Chemically selected subclones of the CEM cell line demonstrate resistance to HIV-1 infection resulting from a selective loss of NF-kappa B DNA binding proteins.

Abstract

To delineate cellular genes that are required for optimal HIV-1 infection, CEM cells were subjected to treatment with the chemical mutagen ethylmethanesulfonate (EMS) and subclones were selected based on their increased resistance to HIV-1 infection and reduced syncytium formation, despite relatively normal CD4 expression (20,000 to 25,000 receptors/cell).

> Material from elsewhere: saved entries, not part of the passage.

// Why a block is refused before anything runs, by what is found under the names of its lines.
ghost use Rattle.std.specs.Prelude.{◌≡◌};
ghost use Rattle.std.specs.List.{list_any};
ghost use Rattle.command.specs.Founds.{first_refusal, is_busy, is_missing, is_other};

use sector::Refusal;

/// What is found under the name of a line.
#[derive(Clone, Copy, PartialEq, Eq)]
pub enum NameFound {
    /// No device.
    Missing,
    /// A device of another kind than the line asks for.
    Other,
    /// A device of a volume in which something is left to do.
    Busy,
    /// A device of a volume that is quiet.
    Quiet,
}

fn is_other(found: NameFound) -> bool
    ensures { result ≡ is_other found }
{
    matches!(found, NameFound::Other)
}

fn is_missing(found: NameFound) -> bool
    ensures { result ≡ is_missing found }
{
    matches!(found, NameFound::Missing)
}

fn is_busy(found: NameFound) -> bool
    ensures { result ≡ is_busy found }
{
    matches!(found, NameFound::Busy)
}

fn is_any_other(found: &[NameFound]) -> bool
    ensures { result ≡ list_any is_other found.now }
{
    found.iter().any(|found| is_other(*found))
}

fn is_any_missing(found: &[NameFound]) -> bool
    ensures { result ≡ list_any is_missing found.now }
{
    found.iter().any(|found| is_missing(*found))
}

fn is_any_busy(found: &[NameFound]) -> bool
    ensures { result ≡ list_any is_busy found.now }
{
    found.iter().any(|found| is_busy(*found))
}

/// The first refusal of a block of whose lines this is found: `BadTable` for a device of another kind, then `NoSuchDevice`
/// for a name that no device has, then `NotQuiet` for a volume that has something left to do. In each of these nothing runs.
pub fn refusal_among(found: &[NameFound]) -> Option<Refusal>
    ensures { result ≡ first_refusal found.now }
{
    if is_any_other(found) {
        Some(Refusal::BadTable)
    } else if is_any_missing(found) {
        Some(Refusal::NoSuchDevice)
    } else if is_any_busy(found) {
        Some(Refusal::NotQuiet)
    } else {
        None
    }
}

Two subclones with this phenotype demonstrated a diminished capacity of HIV-1 long terminal repeat-chloramphenicol acetyl transferase expression either after treatment with the protein kinase C activator PMA, or through Tat-mediated transactivation. In this study, we show that the cellular levels of the NF-kappa B DNA binding proteins (but not AP1 or SP1) are markedly reduced in these cell mutants both at the mRNA and protein levels, resulting in reduced nuclear localization of p50/p65 after PMA induction or treatment with the lymphokine TNF-alpha. Transient reconstitution with a plasmid expressing p50 resulted in partial recovery of PMA-inducible LTR-chloramphenicol acetyl transferase expression. These data suggest that, at least in the CEM T cell line, a selective reduction in the NF-kappa B DNA binding proteins is sufficient to curtail HIV-1 infection.